Understanding GWAS association generation and score calculation in the Platform

Dear Open Targets team,

We have been benchmarking the GWAS-derived genetic associations in the Open Targets vs the ones we can obtain in GWAS catalog directly. Based on that we have some specific questions:

1.How are GWAS-derived associations generated in open targets? Is the data reprocessed?

During our review of associations for IL13 and other genes we encountered several cases where the Platform reports a GWAS-based genetic association, but the referenced GWAS Catalog study does not contain any variant directly associated with the gene. We would like to understand the intended data flow here.

Two examples for IL13:

  1. Actinic keratosis: The association is supported by studies GCST90480468 (30 reported associations) and GCST90476204 (66 associations). Neither study lists any association with IL13 or nearby genes such as TH2LCRR, IL4, IL5, RAD50, or KIF3A. Also in the open targets page for these studies I cannot find IL13 neither in the GWAS credible sets part.
  2. Abnormal thrombosis: Similarly, the referenced GWAS studies (GCST90044359, GCST90044364) do not appear to report any associations with IL13 in GWAS catalog. In this two cases, I identify the IL13 in the L2G score.

2. Clarifying the genetics score calculation:

The Platform documentation describes the genetics datasource score as a normalised harmonic sum of L2G scores across credible sets, which we find clearly explained. However, we noticed a numerical discrepancy that we cannot account for with that formula alone.

For the IL13 – adult-onset asthma association, a single credible set is present with L2G = 0.384, yet the Platform reports a genetics score of 0.233.

Thank you for building and maintaining such an open and well-documented resource. Also thank you in advance for your support in those specific questions.

Best regards,

Bruna

Hi @Bruna_almirall, welcome to the Open Targets Community, and thank you for your kind words about the Platform! We’re glad it’s useful :tada:

To answer your questions:

1.How are GWAS-derived associations generated in open targets? Is the data reprocessed?

In the GWAS Catalog associations page you will find the reported leads from the study authors, and I believe the GWAS Catalog uses the nearest gene for mapping.

When we ingest studies into the Open Targets Platform, we reprocess the data from the GWAS Catalog. Where summary statistics are available, we perform harmonisation, fine-mapping, colocalisation, and Locus-to-Gene analysis.

The Locus-to-Gene (L2G) analysis, our in-house pipeline, uses 28 features to rank the most likely causal genes for a credible set and might prioritise genes that were not listed in the original study. Any prioritised gene with an L2G score > 0.05 is included in the Platform as evidence for the target-disease association.

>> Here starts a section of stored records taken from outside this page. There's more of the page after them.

/// Whether a file of a folder is copied: it is no page, no unfinished output, not hidden, and not below the output, if
/// that is in the folder.
fn is_copied(
    alloc: Global,
    kind: PageKind,
    holds_output: bool,
    output: &Place<'_>,
    folder: &str,
    path: &str,
) -> Result<bool, AllocError>
    ensures { IfOk result (λ is.
        is ≡ spec.is_copied (kind_of kind) holds_output (place_in output.now) folder.now path.now) }
{
    if is_page(kind, path) || is_unfinished(path) || is_hidden(path) {
        return Ok(false);
    }
    if !holds_output {
        return Ok(true);
    }
    let file = joined(alloc, folder, path)?;
    let place = place_of(alloc, file.as_str())?;
    Ok(!place.is_below(output))
}

/// The paths of a folder that are copied.
fn only_copies<'a>(
    alloc: Global,
    kind: PageKind,
    folder: &str,
    files: &'a [String],
    out: &str,
) -> Result<Vec<&'a str>, AllocError>
    ensures { IfOk result (λ copied. texts copied.items ≡ filter
        (spec.is_copied (kind_of kind) (paths.is_within folder.now out.now) (paths.place out.now) folder.now)
        (texts_of files.now)) }
{
    let holds_output = is_within(alloc, folder, out)?;
    let output = place_of(alloc, out)?;
    let mut copied = Vec::new(alloc);
    for file in files {
        if is_copied(alloc, kind, holds_output, &output, folder, file.as_str())? {
            copied.push(file.as_str())?;
        }
    }
    Ok(copied)
}

/// The files of a folder that are copied, in the order of their bytes.
fn copies_among<'a>(
    alloc: Global,
    folder: &str,
    files: &'a [String],
    out: Destination<'_>,
) -> Result<Vec<&'a str>, AllocError>
    ensures { IfOk result (λ copied. texts copied.items
        ≡ spec.copies_among (destination_of out.entry) folder.now (texts_of files.now)) }
{
    if !out.copies {
        return Ok(Vec::new(alloc));
    }
    let mut copied = only_copies(alloc, out.naming.kind, folder, files, out.path)?;
    copied.sort()?;
    Ok(copied)
}

/// A file below a folder that is copied.
fn copy_below(
    alloc: Global,
    folder: &str,
    path: &str,
    out: Destination<'_>,
) -> Result<Page, AllocError>
    ensures { IfOk result (λ page.
        page_of page ≡ spec.copy_below (destination_of out.entry) folder.now path.now) }
{
    Ok(Page {
        input: joined(alloc, folder, path)?,
        output: joined(alloc, out.path, path)?,
        path_in_folder: Some(String::from_str(alloc, path)?),
        is_copy: true,
    })
}

/// A page below a folder.
fn page_below(
    alloc: Global,
    folder: &str,
    path: &str,
    out: Destination<'_>,
) -> Result<Page, AllocError>
    ensures { IfOk result (λ page.
        page_of page ≡ spec.page_below (destination_of out.entry) folder.now path.now) }
{
    let name = with_extension(alloc, out.naming, path)?;
    Ok(Page {
        input: joined(alloc, folder, path)?,
        output: joined(alloc, out.path, name.as_str())?,
        path_in_folder: Some(String::from_str(alloc, path)?),
        is_copy: false,
    })
}

/// Adds pages below a folder.
fn push_paths(
    alloc: Global,
    pages: &mut Vec<Page>,
    folder: &str,
    paths: &[&str],
    out: Destination<'_>,
) -> Result<(), AllocError>
    ensures { OnOk result (pages_of pages.new.items ≡ pages_of pages.old.items
        ++ map (spec.page_below (destination_of out.entry) folder.now) (texts paths.now)) }
{
    for path in paths {
        let page = page_below(alloc, folder, path, out)?;
        pages.push(page)?;
    }
    Ok(())
}

/// Adds files below a folder that are copied.
fn push_copies(
    alloc: Global,
    pages: &mut Vec<Page>,
    folder: &str,
    paths: &[&str],
    out: Destination<'_>,
) -> Result<(), AllocError>
    ensures { OnOk result (pages_of pages.new.items ≡ pages_of pages.old.items
        ++ map (spec.copy_below (destination_of out.entry) folder.now) (texts paths.now)) }
{
    for path in paths {
        let copy = copy_below(alloc, folder, path, out)?;
        pages.push(copy)?;
    }
    Ok(())
}

/// Adds the pages of a folder, and the files of it that are copied.
fn push_folder(
    alloc: Global,
    pages: &mut Vec<Page>,
    folder: &str,
    files: &[String],
    out: Destination<'_>,
) -> Result<(), AllocError>
    ensures { OnOk result (spec.after (pages_of pages.old.items)
        (spec.pages_of (destination_of out.entry) (spec.folder folder.now (texts_of files.now)))
        ≡ Ok (pages_of pages.new.items)) }
{
    let paths = pages_among(alloc, out.naming.kind, files)?;
    push_paths(alloc, pages, folder, paths.as_slice(), out)?;
    let copied = copies_among(alloc, folder, files, out)?;
    push_copies(alloc, pages, folder, copied.as_slice(), out)
}
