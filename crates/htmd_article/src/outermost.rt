//! What a page says of its parts.
ghost use Rattle.std.specs.Prelude.{◌≡◌, length, IfOk};
ghost use Rattle.htmd_nodes.specs.Views.{data_of};
ghost use Rattle.htmd_article.specs.Choices.{first_large, large_article, prose_in};
ghost use Rattle.htmd_article.specs.Choices as choices;
ghost use Rattle.htmd_article.specs.Outermost as spec;
ghost use Rattle.htmd_article.specs.declared.outermost.Landmark.TheVariants as landmark;
ghost use Rattle.htmd_article.specs.PartViews.{part_of, part_found};

use crate::facts::{Facts, sum};
use crate::names::is_unseen;
use crate::parts::{Part, is_entered};
use crate::sayings::{is_article, is_article_body, is_main};
use htmd_nodes::NodeData;
use std::alloc::AllocError;

/// What an element can say that it is.
#[derive(Clone, Copy, Drop)]
pub(crate) enum Landmark {
    Main,
    ArticleBody,
    Article,
}

/// Whether the node is such an element, and shows.
pub(crate) fn is_landmark(mark: Landmark, node: &NodeData, facts: Facts) -> bool
    ensures { result ≡ spec.is_landmark mark (data_of node.now) facts }
{
    let NodeData::Element { name, attrs } = node else {
        return false;
    };
    match mark {
        Landmark::Main => is_main(name, attrs.as_slice()) && facts.shows(),
        Landmark::ArticleBody => is_article_body(attrs.as_slice()) && facts.shows(),
        Landmark::Article => is_article(name, attrs.as_slice()) && !is_unseen(name),
    }
}

/// How many such elements are outermost, the node with them.
#[tactic(auto, using(crate::proofs::OutermostLemmas::outermost_steps))]
pub(crate) fn outermost_count(mark: Landmark, part: &Part) -> Result<usize, AllocError>
    ensures { IfOk result (λ count. count ≡ length (spec.outermost mark (part_of part.now))) }
{
    if is_landmark(mark, part.node, part.facts) {
        return Ok(1);
    }
    if !is_entered(part.node) {
        return Ok(0);
    }
    let mut count = 0;
    for inner in &part.parts {
        count = sum(count, outermost_count(mark, inner)?)?;
    }
    Ok(count)
}

/// How many letters of prose are in the outermost such elements.
#[tactic(auto, using(crate::proofs::OutermostLemmas::outermost_steps))]
pub(crate) fn outermost_prose(mark: Landmark, part: &Part) -> Result<usize, AllocError>
    ensures { IfOk result (λ prose. prose ≡ prose_in (spec.outermost mark (part_of part.now))) }
{
    if is_landmark(mark, part.node, part.facts) {
        return Ok(part.facts.prose);
    }
    if !is_entered(part.node) {
        return Ok(0);
    }
    let mut prose = 0;
    for inner in &part.parts {
        prose = sum(prose, outermost_prose(mark, inner)?)?;
    }
    Ok(prose)
}

/// Whether so many letters are more than half of a whole.
fn is_large(whole: usize, prose: usize) -> bool
    ensures { result ≡ choices.is_large whole prose }
{
    whole.saturating_sub(prose) < prose
}

/// The first of the outermost articles with more than half of so many letters of prose, the node with them.
#[tactic(auto, using(crate::proofs::OutermostLemmas::outermost_steps))]
pub(crate) fn large_in<'p, 't>(whole: usize, part: &'p Part<'t>) -> Option<&'p Part<'t>>
    ensures { part_found result ≡ first_large whole (spec.outermost landmark.Article (part_of part.now)) }
{
    if is_landmark(Landmark::Article, part.node, part.facts) {
        return if is_large(whole, part.facts.prose) {
            Some(part)
        } else {
            None
        };
    }
    if !is_entered(part.node) {
        return None;
    }
    for inner in &part.parts {
        if let Some(found) = large_in(whole, inner) {
            return Some(found);
        }
    }
    None
}

/// The same in the outermost elements that say that they are something.
#[tactic(auto, using(crate::proofs::OutermostLemmas::large_steps))]
pub(crate) fn large_within<'p, 't>(
    whole: usize,
    mark: Landmark,
    part: &'p Part<'t>,
) -> Option<&'p Part<'t>>
    ensures { part_found result ≡ large_article whole (spec.outermost mark (part_of part.now)) }
{
    if is_landmark(mark, part.node, part.facts) {
        return large_in(whole, part);
    }
    if !is_entered(part.node) {
        return None;
    }
    for inner in &part.parts {
        if let Some(found) = large_within(whole, mark, inner) {
            return Some(found);
        }
    }
    None
}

However, if you look at the credible sets for the studies you mentioned, you’ll see that other genes are ranked higher by the L2G algorithm, and are therefore more likely to be the causal gene than IL13, e.g. the credible set for actinic keratosis from GCST90480468

The L2G widget shows you which features contributed most to the L2G score, and you can explore the contribution of each feature in more detail:

In general, we would recommend exploring the supporting evidence for the associations, and seeing whether there is any other corroborating evidence.

You can find out more about our processing of the data in the documentation e.g. Study documentation, credible set documentation, GWAS and functional genomics section.

2. Clarifying the genetics score calculation:

Data source scores are indeed calculated using a harmonic sum, but the harmonic sum is then normalised by dividing the result by the maximum theoretical harmonic sum, which approximates to 1.644.

0.384/1.644 ~ 0.233

I hope that helps! Let us know if you need more information.

Thank you very much for the clarification and your quick reply. That helps a lot.